$1 Million of Guy Fieri’s Tequila Was Stolen in Hijacking — and the Celebrity Chef Is Offering a Reward for Its Recovery

Guy Fieri

(Photo: Santo Spirits)

Guy Fieri’s liquor empire suffered a blow earlier this month when two trucks carrying Santo Tequila were hijacked en route from Mexico. Santo Spirits, a joint venture between Fieri and Van Halen frontman Sammy Hagar, will reportedly be unable to restock its products until next year.

A brand spokesperson says that the heists occurred sometime between Nov. 9-13 in the town of Laredo, Texas, located minutes from the U.S.-Mexico border crossing. One of the shipments was headed for Pennsylvania and the other for California. Together, the trucks held 24,240 bottles of tequila that the brand valued at around $1 million. Within those shipments were bottles of Santo Blanco, Reposado and a yet-released Extra Añejo Single Barrel aged for nearly three and a half years.

Fieri and the rest of the Santo team weren’t notified of the theft until Nov. 14, at least a day after the tequila went missing.

“We’ve worked so hard,” Fieri told PEOPLE Magazine. “This is our best year we’ve ever had in Santo. We just had all this momentum, and now whatever’s on the shelf is all people are going to get.”

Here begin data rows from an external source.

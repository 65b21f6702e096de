// What starts the jobs and reports how they ended, beside other callers.
use crate::calling::{Progress, enter, tick, waiting_since};
use crate::monitor_fault::MonitorFault;
use crate::report::Report;
use crate::{Floor, FloorPass, Waiting, asking};
use std::alloc::Global;
use std::sync::Wait;
use wm_base::{Asked, Moment, Serial};
use wm_law::{Call, Pending, Reply};
use wm_traits::{Clock, Keeper, Spawner};

/// The number of the pass of a run's monitor.
pub const MONITOR: u32 = 1;

/// How many Hands a turn makes at the most.
pub const MOST_HANDS: u32 = 256;

/// How many looks a turn makes at the most.
pub const MOST_LOOKS: u32 = 256;

/// A monitor, whose number is that of the pass with which it is called. It keeps the report that the floor didn't take, to send
/// it first in its next call, and the kill that failed, to try it again behind the report in its next turn.
#[derive(Clone, Copy)]
pub struct Monitor {
    pub kept: Option<Report>,
    pub failed_kill: Option<Serial>,
}

/// How many entries a call of a monitor made, and what waited as it looked last, behind so many entries of the history.
#[derive(Clone, Copy)]
pub struct Turned {
    pub sent: u32,
    pub at: u32,
    pub pending: Pending,
}

impl Turned {
    ghost use Rattle.std.specs.Prelude.{◌≡◌};

    // What is answered where this waited last.
    fn of(sent: u32, waiting: Waiting) -> Turned
        ensures sent { result.sent ≡ sent }
        ensures at { result.at ≡ waiting.at }
        ensures pending { result.pending ≡ waiting.pending }
    {
        Turned {
            sent,
            at: waiting.at,
            pending: waiting.pending,
        }
    }
}
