// Opening a ticket.
ghost use Rattle.std.specs.Prelude.{◌≡◌, ℕ, List};
ghost use Rattle.tree.specs.declared.record.Record.{Record};
ghost use Rattle.model.specs.Scheduler.{opens};
ghost use Rattle.model.specs.Calls.{step};
ghost use Rattle.calls.specs.Answers.{open_answer};
ghost use Rattle.desk.specs.States.{state};

use crate::desk::Desk;
use calls::reason::Reason;

impl Desk {
    // Gives the next ticket the lowest free place.
    pub fn open(&mut self) -> Result<u32, Reason>
        ensures { (rs : List Record) (limit : ℕ) → step (state rs limit self.old) opens ≡ (state rs limit self.new, open_answer result) }
    {
        let (place, ticket) = self.place_to_open()?;
        self.seats.take(place, ticket.get());
        // After the greatest ticket there is none.
        self.next = ticket.checked_add(1);
        Ok(ticket.get())
    }
}
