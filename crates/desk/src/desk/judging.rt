// The refusals that a desk can tell alone.
ghost use Rattle.std.specs.Prelude.{◌≡◌, ◌+◌, ◌<◌, ◌≤◌, [], ◌∷◌, length, IfOk, OnOk};
ghost use Rattle.std.specs.Int.NonZero.{non_zero_u32_get};
ghost use Rattle.model.specs.Numbers.{HasJust};
ghost use Rattle.model.specs.Scheduler.{place_of, free_place};
ghost use Rattle.model.specs.Changes.{falling};
ghost use Rattle.model.specs.Refusals.{ticket_rows, open_rows, finish_rows, withdraw_rows, book_row};
ghost use Rattle.book.specs.Rows.{HasRoom};
ghost use Rattle.desk.specs.States.{OverAnyStore, Judges};

use crate::desk::Desk;
use calls::reason::Reason;
use seats::count::count;
use std::num::NonZeroU32;

impl Desk {
    // The place of an open ticket.
    pub fn place_of(&self, ticket: u32) -> Result<usize, Reason>
        ensures rows { OverAnyStore self.now (λ m. Judges (ticket_rows m ticket) result) }
        ensures place { IfOk result (λ p. OverAnyStore self.now (λ m. p ≡ place_of m ticket) × (p < 32)) }
    {
        if !self.fit {
            return Err(Reason::Unfit);
        }
        if ticket == 0 {
            return Err(Reason::NotOpen);
        }
        self.seats.place_of(ticket).ok_or(Reason::NotOpen)
    }

    // The place that a new ticket would take, and the ticket.
    pub fn place_to_open(&self) -> Result<(usize, NonZeroU32), Reason>
        ensures rows { OverAnyStore self.now (λ m. Judges (open_rows m) result) }
        ensures place { IfOk result (λ v. OverAnyStore self.now (λ m. v.0 ≡ free_place m) × (v.0 < 32)) }
        ensures ticket { IfOk result (λ v. OverAnyStore self.now (λ m. non_zero_u32_get v.1 ≡ m.next)) }
    {
        if !self.fit {
            return Err(Reason::Unfit);
        }
        let place = self.seats.free_place().ok_or(Reason::Crowded)?;
        let ticket = self.next.ok_or(Reason::Spent)?;
        Ok((place, ticket))
    }

    // The place of a ticket that may finish.
    pub fn place_to_finish(&self, ticket: u32) -> Result<usize, Reason>
        ensures rows { OverAnyStore self.now (λ m. Judges (finish_rows m ticket) result) }
        ensures place { IfOk result (λ p. OverAnyStore self.now (λ m. p ≡ place_of m ticket) × (p < 32)) }
    {
        let place = self.place_of(ticket)?;
        if self.arrows.arrow_into(place) {
            return Err(Reason::Later);
        }
        Ok(place)
    }

    // The places that a withdrawal of the ticket takes, where there is room for their tickets.
    pub fn places_to_withdraw(&self, ticket: u32, room: usize) -> Result<u32, Reason>
        ensures rows { OverAnyStore self.now (λ m. Judges (withdraw_rows m room ticket) result) }
        ensures places { IfOk result (λ w. OverAnyStore self.now (λ m. HasJust w (falling m ticket))) }
    {
        let place = self.place_of(ticket)?;
        let places = self.arrows.reach(place);
        if room < count(places) {
            return Err(Reason::Short);
        }
        Ok(places)
    }

    // Whether the lock book has so many free rows.
    pub fn has_rows(&self, count: usize) -> Result<(), Reason>
        ensures rows { OverAnyStore self.now (λ m. Judges (book_row m count ∷ []) result) }
        ensures room { OnOk result (HasRoom self.now.book count) }
    {
        if self.book.has_room(count) {
            Ok(())
        } else {
            Err(Reason::Locks)
        }
    }
}
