// Locks and arrows that are granted and freed.
ghost use Rattle.std.specs.Prelude.{◌≡◌, ℕ, ◌+◌, ◌<◌, ◌≤◌, List, map, length};
ghost use Rattle.words.specs.Words.{bit};
ghost use Rattle.tree.specs.declared.record.Record.{Record};
ghost use Rattle.model.specs.Numbers.{member, HasJust};
ghost use Rattle.model.specs.Changes.{rivals, grant, free};
ghost use Rattle.seats.specs.Places.{added_at};
ghost use Rattle.book.specs.Rows.{lock_of, HasRoom};
ghost use Rattle.desk.specs.States.{state, Rivals, forgotten};

use crate::desk::Desk;
use book::lock::Claim;

// The clauses are over any records before and after: the store changes beside the desk.
impl Desk {
    // The ticket takes the locks of its claim, where there is room for them, with arrows from its rivals.
    pub fn grant(&mut self, claim: Claim, rivals: u32)
        ensures { (rs ss : List Record) (limit : ℕ) → let p = claim.entry.place in let ls = claim.entry.locks.now in p < 32 → HasRoom self.old.book (length ls) → Rivals (state rs limit self.old) p (map lock_of ls) rivals → state ss limit self.new ≡ grant (state rs limit self.old) p (map lock_of ls) ss (added_at self.old.seats) }
    {
        self.book.grant(claim);
        self.arrows.put(claim.place, rivals);
    }

    // Frees the places with their tickets, locks and arrows; so many more tickets are finished.
    pub fn free(&mut self, places: u32, finished: u32)
        ensures { (rs ss : List Record) (limit : ℕ) (ps : List ℕ) → HasJust places ps → self.old.done + finished ≤ 4294967295 → state (forgotten ps ss) limit self.new ≡ free (state rs limit self.old) ps ss finished }
    {
        self.seats.vacate(places);
        self.book.free(places);
        self.arrows.cut(places);
        self.done = self.done.saturating_add(finished);
    }
}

In an incident report obtained by PEOPLE, shipping partner Johanson claimed that the trucks were illegally double-brokered between two different carriers. Johanson believes that the shipments switched hands somewhere in Laredo and that the criminals used a GPS emulator application to cover their tracks.

The investigation is now being handled by the Laredo Police Department, Los Angeles’ Cargo Criminal Apprehension Team and theft prevention network CargoNet. Though neither of the trucks has been reobtained, one of the shipments was reportedly tracked to a “known criminal cargo area” in Los Angeles for offloading.

“We are fully cooperating with the authorities on the investigation, but as of Sunday [17 November], they haven’t identified any possible culprits,” Santo CEO Dan Butkus told Forbes. “While we leave the investigation up to law enforcement, our primary focus right now is to work with our distillery partner in Mexico to replenish the stolen goods in time for the important holiday shopping season and with our shipping company to safeguard this from happening again in the future.”

Fieri — always the showman — has added a splash of drama to the proceedings. The “Diners, Drive-Ins, and Dives” star reportedly plans to put out a $10,000 offer to anyone who can recover the Extra Añejo lost in the shipment. While the Blanco and Reposado expressions stolen in the heist can be replenished in a matter of months, the brand’s 39-month Extra Añejo amounts to a “crown jewel” that’ll take years to accurately reproduce.

Guy Fieri

Bottles of the brand’s Blanco, Reposado and Añejo.

Details of the crime bear a striking similarity to a separate incident that occurred at the end of 2023. Daytoon Distributors, a North Carolina-based spirits company gearing up for the launch of its Hacienda Chactun Tequila, had 19,000 bottles of its reposado mysteriously vanish after crossing the border. According to the brand’s CEO, criminals hacked the truck’s GPS signal while sending fake updates — allegedly including fake photos of traffic and a flat tire — to the logistics provider.

Criminals involved in the Santo hijacking appear to have emulated that technique down to a tee.

“Basically, they spoofed everyone after picking up our tequila loads. The drivers were sending in fake pictures saying they were having breakdown problems with the trucks, and the tracking the shipping broker was receiving matched their stories,” Butkus added. “As best we can tell, they waited till they crossed the United States border and were in Laredo to begin the theft. It wasn’t until the distributors called and reported that the trucks never arrived that we knew something was up.